### [Problem details]
For this exercise, reproduce the entries below exactly, but only from the line containing "impl<const W: usize, const B: usize> Drop" through the line containing "pub fn status(&self, via: Via, all: bool)", both included.

### [Study material]
——

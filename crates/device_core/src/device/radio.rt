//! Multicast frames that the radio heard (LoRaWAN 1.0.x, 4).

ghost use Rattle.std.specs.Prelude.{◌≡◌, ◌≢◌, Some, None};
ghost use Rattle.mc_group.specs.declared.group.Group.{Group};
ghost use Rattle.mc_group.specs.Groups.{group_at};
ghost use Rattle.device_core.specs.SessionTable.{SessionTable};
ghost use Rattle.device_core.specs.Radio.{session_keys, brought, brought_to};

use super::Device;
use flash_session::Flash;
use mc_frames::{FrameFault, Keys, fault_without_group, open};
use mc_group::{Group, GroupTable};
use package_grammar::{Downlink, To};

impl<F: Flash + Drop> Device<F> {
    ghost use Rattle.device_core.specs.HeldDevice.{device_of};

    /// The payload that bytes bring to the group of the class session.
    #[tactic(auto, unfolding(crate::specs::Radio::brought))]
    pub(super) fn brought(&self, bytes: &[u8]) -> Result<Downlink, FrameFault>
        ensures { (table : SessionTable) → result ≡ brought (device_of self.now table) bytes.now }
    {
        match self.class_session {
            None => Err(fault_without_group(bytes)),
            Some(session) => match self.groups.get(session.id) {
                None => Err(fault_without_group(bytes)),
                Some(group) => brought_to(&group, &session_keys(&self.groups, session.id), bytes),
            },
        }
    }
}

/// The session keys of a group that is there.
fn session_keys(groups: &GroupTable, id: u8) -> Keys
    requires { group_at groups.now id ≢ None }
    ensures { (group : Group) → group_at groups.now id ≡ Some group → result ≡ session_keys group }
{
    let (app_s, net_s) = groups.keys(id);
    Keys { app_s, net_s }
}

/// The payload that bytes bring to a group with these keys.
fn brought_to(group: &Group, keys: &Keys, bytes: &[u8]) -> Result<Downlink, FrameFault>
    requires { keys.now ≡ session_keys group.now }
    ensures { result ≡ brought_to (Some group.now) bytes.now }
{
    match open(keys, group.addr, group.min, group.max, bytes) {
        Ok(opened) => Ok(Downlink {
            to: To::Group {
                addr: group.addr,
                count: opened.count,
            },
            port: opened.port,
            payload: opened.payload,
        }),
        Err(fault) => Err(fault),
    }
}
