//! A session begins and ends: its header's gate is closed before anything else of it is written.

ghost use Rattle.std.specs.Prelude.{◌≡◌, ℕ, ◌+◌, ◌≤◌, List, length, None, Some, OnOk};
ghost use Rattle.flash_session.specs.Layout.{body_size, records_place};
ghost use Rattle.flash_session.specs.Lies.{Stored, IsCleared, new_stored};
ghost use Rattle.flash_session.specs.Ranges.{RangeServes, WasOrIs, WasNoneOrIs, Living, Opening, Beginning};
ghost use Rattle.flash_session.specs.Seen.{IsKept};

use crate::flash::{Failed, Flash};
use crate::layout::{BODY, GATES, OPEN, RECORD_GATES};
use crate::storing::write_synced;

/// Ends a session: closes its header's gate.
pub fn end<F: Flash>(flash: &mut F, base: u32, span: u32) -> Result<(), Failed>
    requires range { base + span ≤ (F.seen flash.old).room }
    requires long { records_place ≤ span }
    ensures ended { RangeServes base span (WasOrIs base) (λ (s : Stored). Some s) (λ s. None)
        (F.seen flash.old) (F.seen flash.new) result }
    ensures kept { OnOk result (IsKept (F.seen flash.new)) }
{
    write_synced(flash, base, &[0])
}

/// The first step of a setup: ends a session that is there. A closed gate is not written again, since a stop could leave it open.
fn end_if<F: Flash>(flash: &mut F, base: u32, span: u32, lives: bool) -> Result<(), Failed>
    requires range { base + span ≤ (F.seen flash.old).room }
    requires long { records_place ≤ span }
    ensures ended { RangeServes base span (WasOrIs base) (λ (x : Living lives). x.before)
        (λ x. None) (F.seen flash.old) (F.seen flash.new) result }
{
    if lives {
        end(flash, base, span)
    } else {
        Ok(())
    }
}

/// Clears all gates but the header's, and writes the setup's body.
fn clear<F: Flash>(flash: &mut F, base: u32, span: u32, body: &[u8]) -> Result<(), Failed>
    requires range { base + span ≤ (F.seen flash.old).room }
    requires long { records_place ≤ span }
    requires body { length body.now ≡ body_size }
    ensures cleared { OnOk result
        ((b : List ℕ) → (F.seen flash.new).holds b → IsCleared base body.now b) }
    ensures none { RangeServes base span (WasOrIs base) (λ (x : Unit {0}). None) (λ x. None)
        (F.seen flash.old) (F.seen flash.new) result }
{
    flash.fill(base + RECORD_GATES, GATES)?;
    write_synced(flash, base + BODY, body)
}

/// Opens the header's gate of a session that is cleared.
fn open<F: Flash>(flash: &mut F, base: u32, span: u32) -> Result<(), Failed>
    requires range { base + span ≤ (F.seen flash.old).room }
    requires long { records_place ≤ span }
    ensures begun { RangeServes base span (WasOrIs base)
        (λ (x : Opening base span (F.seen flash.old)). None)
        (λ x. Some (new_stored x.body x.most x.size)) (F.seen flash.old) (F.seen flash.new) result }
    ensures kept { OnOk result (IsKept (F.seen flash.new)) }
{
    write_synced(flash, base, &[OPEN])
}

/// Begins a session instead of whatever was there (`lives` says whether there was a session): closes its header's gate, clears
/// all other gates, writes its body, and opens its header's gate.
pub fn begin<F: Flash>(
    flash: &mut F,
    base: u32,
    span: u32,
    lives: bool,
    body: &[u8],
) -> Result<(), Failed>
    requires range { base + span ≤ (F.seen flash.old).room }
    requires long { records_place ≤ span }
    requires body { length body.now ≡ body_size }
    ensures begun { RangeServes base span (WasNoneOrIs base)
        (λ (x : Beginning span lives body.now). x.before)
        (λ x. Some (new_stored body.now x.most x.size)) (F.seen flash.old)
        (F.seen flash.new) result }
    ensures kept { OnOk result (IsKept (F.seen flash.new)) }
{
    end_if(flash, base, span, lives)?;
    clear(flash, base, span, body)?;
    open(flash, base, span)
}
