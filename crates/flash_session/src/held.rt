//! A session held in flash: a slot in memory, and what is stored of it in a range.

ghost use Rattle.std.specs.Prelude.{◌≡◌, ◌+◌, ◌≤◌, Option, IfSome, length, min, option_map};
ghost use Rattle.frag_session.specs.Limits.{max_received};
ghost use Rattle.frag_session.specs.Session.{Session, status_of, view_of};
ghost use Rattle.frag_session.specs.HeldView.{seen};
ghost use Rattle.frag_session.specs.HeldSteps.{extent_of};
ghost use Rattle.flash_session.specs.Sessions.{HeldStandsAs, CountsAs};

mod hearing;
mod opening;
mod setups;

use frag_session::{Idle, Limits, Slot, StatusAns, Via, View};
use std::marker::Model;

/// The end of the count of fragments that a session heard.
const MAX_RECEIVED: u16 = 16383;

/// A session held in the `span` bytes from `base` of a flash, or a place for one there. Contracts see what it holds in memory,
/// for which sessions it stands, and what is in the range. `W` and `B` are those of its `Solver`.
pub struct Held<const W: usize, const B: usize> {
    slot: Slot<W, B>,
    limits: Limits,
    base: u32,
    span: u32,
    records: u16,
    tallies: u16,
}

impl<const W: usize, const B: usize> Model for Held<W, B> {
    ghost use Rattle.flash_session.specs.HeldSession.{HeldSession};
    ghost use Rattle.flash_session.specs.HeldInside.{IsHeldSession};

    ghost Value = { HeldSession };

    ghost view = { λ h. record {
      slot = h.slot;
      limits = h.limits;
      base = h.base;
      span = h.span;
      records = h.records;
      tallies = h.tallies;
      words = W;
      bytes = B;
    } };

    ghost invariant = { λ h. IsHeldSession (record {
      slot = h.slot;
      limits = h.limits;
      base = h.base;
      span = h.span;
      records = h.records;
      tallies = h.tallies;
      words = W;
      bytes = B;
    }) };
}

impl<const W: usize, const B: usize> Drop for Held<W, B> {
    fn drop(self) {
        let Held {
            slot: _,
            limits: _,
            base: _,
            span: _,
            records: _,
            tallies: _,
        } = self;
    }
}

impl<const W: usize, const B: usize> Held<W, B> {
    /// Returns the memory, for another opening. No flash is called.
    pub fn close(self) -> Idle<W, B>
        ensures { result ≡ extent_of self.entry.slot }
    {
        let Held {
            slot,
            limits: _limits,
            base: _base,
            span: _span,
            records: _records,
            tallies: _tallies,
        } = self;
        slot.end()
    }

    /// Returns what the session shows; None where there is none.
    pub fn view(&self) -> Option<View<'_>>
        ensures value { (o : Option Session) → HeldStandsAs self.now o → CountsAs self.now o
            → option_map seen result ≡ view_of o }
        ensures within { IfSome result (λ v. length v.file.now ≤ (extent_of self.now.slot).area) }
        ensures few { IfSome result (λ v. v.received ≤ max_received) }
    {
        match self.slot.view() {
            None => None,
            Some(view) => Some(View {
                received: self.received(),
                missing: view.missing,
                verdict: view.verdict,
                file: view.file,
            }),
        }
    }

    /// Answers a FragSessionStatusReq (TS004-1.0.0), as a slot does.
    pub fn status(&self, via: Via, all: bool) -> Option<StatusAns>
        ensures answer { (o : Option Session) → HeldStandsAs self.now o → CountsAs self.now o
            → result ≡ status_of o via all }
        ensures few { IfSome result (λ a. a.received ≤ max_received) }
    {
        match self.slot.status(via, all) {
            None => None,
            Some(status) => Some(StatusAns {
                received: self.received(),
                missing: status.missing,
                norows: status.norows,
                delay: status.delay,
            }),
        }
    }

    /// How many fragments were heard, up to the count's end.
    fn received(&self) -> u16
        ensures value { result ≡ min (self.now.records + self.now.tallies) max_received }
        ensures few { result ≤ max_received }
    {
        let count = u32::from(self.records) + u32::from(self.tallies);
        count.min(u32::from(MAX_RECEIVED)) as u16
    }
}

——

### [Response]
impl<const W: usize, const B: usize> Drop for Held<W, B> {
    fn drop(self) {
        let Held {
            slot: _,
            limits: _,
            base: _,
            span: _,
            records: _,
            tallies: _,
        } = self;
    }
}

impl<const W: usize, const B: usize> Held<W, B> {
    /// Returns the memory, for another opening. No flash is called.
    pub fn close(self) -> Idle<W, B>
        ensures { result ≡ extent_of self.entry.slot }
    {
        let Held {
            slot,
            limits: _limits,
            base: _base,
            span: _span,
            records: _records,
            tallies: _tallies,
        } = self;
        slot.end()
    }

    /// Returns what the session shows; None where there is none.
    pub fn view(&self) -> Option<View<'_>>
        ensures value { (o : Option Session) → HeldStandsAs self.now o → CountsAs self.now o
            → option_map seen result ≡ view_of o }
        ensures within { IfSome result (λ v. length v.file.now ≤ (extent_of self.now.slot).area) }
        ensures few { IfSome result (λ v. v.received ≤ max_received) }
    {
        match self.slot.view() {
            None => None,
            Some(view) => Some(View {
                received: self.received(),
                missing: view.missing,
                verdict: view.verdict,
                file: view.file,
            }),
        }
    }

    /// Answers a FragSessionStatusReq (TS004-1.0.0), as a slot does.
    pub fn status(&self, via: Via, all: bool) -> Option<StatusAns>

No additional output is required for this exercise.